Why Hot Fixes Aren't So Hot | Matthew Thomas

Something breaks in production. Alerts and Teams go nuts. Someone says “let’s just do a hotfix” – half an hour later, the system is back up. Great? Right? Not really…

Everyone is happy, the system is back up, the customer isn’t shouting at you. But then the real issues start to arise. What about testing? What about a proper RCA? Now our branches are out of sync.

What I’m trying to say is, hotfixes are not that hot. Yes, they get the system back up — but the real cost shows up days later, in your branches, your pipeline, and your team’s habits.

The problem with hotfixes in the flow

When you create a hotfix, you branch from release, not main. There’s the start of the problem. The fix goes back into the release branch and gets deployed - main doesn’t know about it. The branches are out of sync from minute one.

The next PR into release is either going to overwrite that fix or create a conflict someone needs to unpick.
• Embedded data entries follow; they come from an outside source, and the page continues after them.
// The one line that a checking program prints about a rule book: `accepted EVENTS`, or `refused NUMBER LAYER PLACE`.
#![tactic(auto)]

ghost use Rattle.std.specs.Prelude.{◌≡◌, ◌≤◌, length};
ghost use Rattle.line.specs.Lines.{line, Readable, Written};

use arrayvec::ArrayString;
use itoa::Buffer;
use refusal::{MakerFault, Refusal};

// Every line fits this many bytes.
pub const ROOM: usize = 32;

// What became of a rule book: accepted, with the number of its events, or refused.
pub type Verdict = Result<u32, Refusal>;

// The verdict's line. Its parts are pushed one by one, since a `write!` may fail for all that its contract says.
pub fn line_of(verdict: Verdict) -> ArrayString<ROOM>
    ensures text { result.bytes ≡ line verdict }
    ensures short { length result.bytes ≤ 30 }
{
    let mut line = ArrayString::new();
    let mut digits = Buffer::new();
    match verdict {
        Ok(events) => {
            line.push_str("accepted ");
            line.push_str(digits.format(events));
        }
        Err(refusal) => {
            line.push_str("refused ");
            line.push_str(digits.format(refusal.number));
            line.push_str(" ");
            line.push_str(refusal.layer.name());
            line.push_str(" ");
            line.push_str(digits.format(refusal.place));
        }
    }
    line.push_str("\n");
    line
}

// Writes the verdict's line to the start of the caller's buffer, as C lends it, and answers the line's length.
#[tactic(auto, using(crate::proofs::ReadBack::readable))]
pub fn write_line(verdict: Verdict, buffer: &mut [u8]) -> Result<usize, MakerFault>
    ensures written { Written verdict buffer.old result buffer.new }
    ensures readable { Readable }
{
    if buffer.len() < ROOM {
        return Err(MakerFault::LineBuffer);
    }
    let line = line_of(verdict);
    buffer[..line.len()].copy_from_slice(line.as_bytes());
    Ok(line.len())
}

#[cfg(test)]
mod tests {
    use super::*;
    use refusal::Layer;
    use std::process::Abort;
    use std::test::Fail;

    // The line of a verdict is the expected one, and the rest of the buffer stays.
    fn check_line(rt: &impl Abort, verdict: Verdict, expected: &[u8]) -> Result<(), Fail> {
        let mut buffer = [7; 40];
        let length = write_line(verdict, &mut buffer)?;
        assert!(rt; length <= 30);
        assert_eq!(rt; &buffer[0..length], expected);
        assert_eq!(rt; buffer[length], 7);
        assert_eq!(rt; buffer[39], 7);
        Ok(())
    }

    fn refused(number: u8, layer: Layer, place: u32) -> Verdict {
        Err(Refusal {
            number,
            layer,
            place,
        })
    }

    #[test]
    fn accepted_lines(rt: HostRuntime) -> Result<(), Fail> {
        check_line(&rt, Ok(0), b"accepted 0\n")?;
        check_line(&rt, Ok(1), b"accepted 1\n")?;
        check_line(&rt, Ok(4_294_967_295), b"accepted 4294967295\n")
    }

    #[test]
    fn refused_lines(rt: HostRuntime) -> Result<(), Fail> {
        check_line(&rt, refused(1, Layer::Reader, 0), b"refused 1 reader 0\n")?;
        check_line(&rt, refused(11, Layer::Check, 1), b"refused 11 check 1\n")?;
        check_line(
            &rt,
            refused(13, Layer::Engine, 4_294_967_295),
            b"refused 13 engine 4294967295\n",
        )?;
        check_line(
            &rt,
            refused(20, Layer::Maker, 100),
            b"refused 20 maker 100\n",
        )
    }

    // The longest line has 30 bytes.
    #[test]
    fn longest_line(rt: HostRuntime) -> Result<(), Fail> {
        check_line(
            &rt,
            refused(255, Layer::Engine, 4_294_967_295),
            b"refused 255 engine 4294967295\n",
        )
    }

    #[test]
    fn room_of_32_and_31(rt: HostRuntime) {
        let mut enough = [7; 32];
        assert_eq!(rt; write_line(Ok(5), &mut enough), Ok(11));
        let mut short = [7; 31];
        assert_eq!(rt; write_line(Ok(5), &mut short), Err(MakerFault::LineBuffer));
        assert_eq!(rt; short, [7; 31]);
    }
}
You’re meant to merge back to main after the dust has settled. In practice, it gets skipped more often than anyone wants to admit. Post-incident there’s a retrospective to run, a backlog to catch up on, and a PR sitting in a queue that nobody feels urgency around anymore.

The testing gap

The normal flow has gates in it for a reason. Feature branch, pull request, merge to main, PR to release, pipeline stages. Each step is a chance to catch something before it reaches production.
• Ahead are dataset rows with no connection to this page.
// Lines of a script that are there for its readers alone.
ghost use Rattle.script.specs.Remarks.{blank, marked, remark};
ghost use Rattle.std.specs.Prelude.{◌≡◌};

// Whether a line has nothing but spaces.
fn is_blank(line: &[u8]) -> bool
    ensures { result ≡ blank line.now }
{
    line.iter().all(|byte| *byte == b' ')
}

// Whether a line begins with the mark of a remark.
fn has_mark(line: &[u8]) -> bool
    ensures { result ≡ marked line.now }
{
    line.first() == Some(&b'#')
}

// Whether a line of the script is passed over.
pub(crate) fn is_remark(line: &[u8]) -> bool
    ensures { result ≡ remark line.now }
{
    has_mark(line) || is_blank(line)
}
The hotfix skips most if not all of that. You’re getting shouted at that “it’s urgent” and the pressure is on to get it fixed fast.
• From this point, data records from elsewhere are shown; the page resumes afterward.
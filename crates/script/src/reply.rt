// What one line of a script is answered, and the reply that each fault is.
ghost use Rattle.engine.specs.Models.{refused};
ghost use Rattle.refusal.specs.Makers.{maker_refusal};
ghost use Rattle.script.specs.Replies.{reply_to};
ghost use Rattle.script.specs.declared.reply.Reply.TheVariants.{Refused};
ghost use Rattle.std.specs.Prelude.{◌≡◌};

use engine::slip::{Numbers, Tally};
use refusal::engine::EngineFault;
use refusal::{MakerFault, Refusal};

#[derive(Clone, Copy)]
pub enum Reply {
    // The line is none of the script's.
    Unreadable,
    // The call is accepted, and there is nothing else to say.
    Done,
    // A book with so many events is loaded.
    Loaded(u32),
    Amount(i32),
    Clock(u64),
    // The slip that was opened.
    Opened(Numbers),
    Counts(Tally),
    Refused(Refusal),
}

// The reply to a refused call.
impl From<EngineFault> for Reply {
    ghost from_gives = { λ fault reply. reply ≡ reply_to (refused fault) };

    fn from(fault: EngineFault) -> Reply {
        Reply::Refused(fault.into())
    }
}

// The reply to the choice of a scale or a meter that cannot be made.
impl From<MakerFault> for Reply {
    ghost from_gives = { λ fault reply. reply ≡ Refused (maker_refusal fault) };

    fn from(fault: MakerFault) -> Reply {
        Reply::Refused(fault.into())
    }
}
Now I’m not saying that there won’t be times when you really do need to get that fix out in twenty minutes – but it really should not be the norm. But the threshold for what counts as urgent drifts downward over time. The first hotfix was genuinely critical. The fifth one is a customer-facing bug that probably could have waited for a proper PR cycle.

The regressions that follow don’t announce themselves as an issue. They show up a week later, in a different part of the system, and nobody connects the dots back to the fix that skipped testing.

The cultural cost

Every process has friction in it deliberately. Review gates, pipeline stages, approval steps — these exist because shipping software is risky and the friction is doing work. A hotfix is a fast lane that bypasses that friction, and fast lanes change behaviour.

Once a shortcut exists, the incentive to not need it erodes. Not dramatically, not all at once. But if your team is running multiple hotfixes, you’re not operating a hotfix process – that has become an informal release process for when you’re being shouted at and nobody consciously decided to build it.

What can you do about it? Have a definition of what qualifies as a hotfix and have it documented before the incident happens. That way, when there is an incident, you have that definition to fall back to in order to make a decision of the path to fix.

Audit, compliance, and accountability

A proper root cause analysis should follow every production incident. These are a learning opportunity, not a blame exercise. Hotfixes make RCAs easy to skip. The system is back up, the pressure has lifted, and there’s always something more pressing.

No RCA means no real understanding of why it happened. Which means it’ll happen again. In regulated industries — insurance, financial services — there’s usually a paper trail requirement too. A hotfix with no review sign-off, no documented rationale, and no record of what changed is an audit risk. “We fixed it” is not the same as “we understand why it happened and have evidence that we do.”

What good looks like

The first instinct when something breaks in production should be roll back, not fix. Get the system back to a known good state. That buys you time – time to understand what actually went wrong, reproduce it safely, and fix it properly through your normal process. If you can’t roll back, ask whether you can toggle a feature flag off. Sometimes that thing that breaks can’t be properly flagged – that happens – but the more you lean on flags, the more you protect yourself.

A rollback isn’t admitting defeat. It’s professional. It decouples “system is back up” from “fix is ready”, and that separation matters.

If rollback genuinely isn’t possible — and sometimes it isn’t — then a hotfix is the answer. But the change should be the minimum viable fix. Not a refactor, not a cleanup, not “while we’re in here” improvements. Just the change required to address the specific problem.

After that: merge back to main before the incident is formally closed. Not “when someone gets to it.” Before it’s closed. And the RCA is part of closing the incident, not optional follow-up that quietly doesn’t happen.

Every hotfix is a signal. Something in the normal process didn’t catch this. That’s worth understanding.

Where we want to get to

The goal isn’t a better hotfix process — it’s making hotfixes rare enough that they feel like the exception they’re supposed to be. If you’re doing a hotfix, and you can remember the last one, that’s something you need to pay attention to.

That means investing in rollback until it’s fast, reliable, and boring. If rolling back is always the obvious first move, hotfixes become genuinely last-resort. It means better test coverage, so the gate that should have caught this actually does. And it means feature flags — ship the fix, control the exposure, decouple deployment from release entirely.

The measure of a mature deployment process isn’t how well you hotfix. It’s how rarely you need to.